In EIS-F, each decision as to whether a given emotion is present (or not) in a photograph is considered to be a separate answer in the test. The number of correct responses in the test is: “shown” = 45, “not shown” = 63. The authors of the test have proposed only one performance indicator, i.e., the total number of correct responses, be they “shown” or “not shown.” However, the summary result can be broken down into six possible responses: correct positive answer (“shown”), correct negative answer (“not shown”), incorrect positive answer (“shown”), incorrect negative answer (“not shown”), a response of “hard to say” when the correct response should have been “shown,” a response of “hard to say” when the correct response should have been “not shown.”
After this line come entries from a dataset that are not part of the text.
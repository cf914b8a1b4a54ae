//! The first guard of a path that is false of the value read.

ghost use Rattle.std.specs.Prelude.{◌≡◌, ◌↔◌, ℕ, ◌<◌, Some, IsTrue, MatchOption, slice_get};
ghost use Rattle.lit_paths.specs.declared.path.Tested.{Tested as PathGuard};
ghost use Rattle.lit_valid.specs.PartOutcome.{observed_value};
ghost use Rattle.lit_why.specs.Internal.Refusing.{IsFirstFalse, IsLeastFalse};
ghost use Rattle.lit_why.specs.Refusal.{HasNoFalse, IsFalseIn};

use lit_paths::Tested;
use lit_rel::{Part, tested_read};

/// The value of a read by the part's sources, or 0 where there is none.
fn value_asked(part: &Part<'_>, asked: Option<usize>) -> u32
    ensures { result ≡ observed_value part.now asked }
{
    let Some(read) = asked else {
        return 0;
    };
    if read < part.combination().events().len() {
        part.value(read as u8)
    } else {
        0
    }
}

/// Whether a guard, on a path whose first event has this number, is false.
fn is_false(part: &Part<'_>, first: u8, guard: Tested) -> bool
    ensures { IsTrue result ↔ IsFalseIn part.now first guard }
{
    let value = value_asked(part, tested_read(guard, first));
    (value == guard.value) != guard.equal
}

/// The place of the first of these guards that is false.
fn false_among(part: &Part<'_>, first: u8, guards: &[Tested]) -> Option<usize>
    ensures { MatchOption result ((k : ℕ) (guard : PathGuard) → slice_get guards.now k ≡ Some guard → ¬ IsFalseIn part.now first guard)
        (IsFirstFalse part.now first guards.now) }
{
    for (place, guard) in guards.iter().enumerate() {
        if is_false(part, first, *guard) {
            return Some(place);
        }
    }
    None
}

/// The agent and the place of the first guard that is false.
pub(crate) fn false_guard(part: &Part<'_>) -> Option<(usize, usize)>
    ensures { MatchOption result (HasNoFalse part.now) (λ found. IsLeastFalse part.now found.0 found.1) }
{
    let combination = part.combination();
    for agent in 0..combination.test().agents() {
        let guards = combination.path(agent).tests();
        if let Some(place) = false_among(part, combination.first_event(agent), guards) {
            return Some((agent, place));
        }
    }
    None
}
In our study, we analyzed the EIS-F results using the SDT (Macmillan, 2002). The SDT predicts that, for tasks which require a yes/no answer, performance is dependent upon the accuracy with which the subject discriminates between a known process (the signal) and chance (the noise). Moreover, the SDT takes into consideration the response strategy employed by the subject: where the subject experiences uncertainty, he may give a positive response (liberal strategy) or a negative response (conservative strategy). The EIS-F presents subjects with this choice, in that they must choose whether a given photograph depicts or does not depict the emotion in the accompanying list. In accordance with the SDT classification, correct positive responses (“shown”) are known as “hits.” Correct negative responses (“not shown”) are “correct rejections.” Incorrect positive responses (“shown”) are called “false alarms.” Incorrect negative responses (“not shown”) are known as “misses.” In the case of EIS-F, responses of “hard to say” prove problematic because the SDT does not take this option into consideration. However, since the “hard to say” responses are classed as erroneous in the EIS-F, such responses have also been classed as incorrect in our analysis. For this reason, a response of “hard to say” in cases where the correct response should have been “shown” are classed as misses. A response of “hard to say” when the correct response should have been “not shown” is classed as a false alarm.
In order to measure performance in a given task, the SDT uses the sensitivity index d’ (Macmillan, 2002), which calculates the difference between hits and false alarms. The higher the value of the d’, the more accurate the distinction between signal and noise.
The second index used by the SDT is the response bias index c. Positive c index values indicate a conservative response strategy. In cases of uncertainty, the subject is more likely to give a negative response (expressed in EIS-F as a “not shown” response). A negative c index indicates a liberal response strategy, whereby the subject gives a positive response in cases of uncertainty (expressed in EIS-F as a “shown” response). We chose the c index, instead of the common β index, because it is not affected by changes in the d’ (Ingham, 1970; Macmillan, 1993).
Analyses were performed using custom scripts written in Python programming language with packages for scientific computing: SciPy (Oliphant, 2007), sdt_metrics, and pandas. Group differences in demographic, clinical and cognitive characteristics and facial emotion recognition variables were analyzed using independent two-tailed t-tests for normally distributed variables, the Mann–Whitney test for non-normally distributed variables. Correlations between neuropsychological, demographic, clinical factors and facial emotion recognition variables (d’, c, hit rate, false alarm rate), were analyzed using Pearson’s correlations. Receiver Operating Characteristic (ROC) curves were plotted for each group (patients/controls).
There were no significant differences between PD patients and HCs regarding demographic variables (see Table 1). Depression scores were significantly higher in the PD group. Patients scored significantly lower on the MMSE than the HCs. Significant differences were observed in the executive functions measures (TMT, STR). There were no significant differences in memory measures (RAVLT, BVRT).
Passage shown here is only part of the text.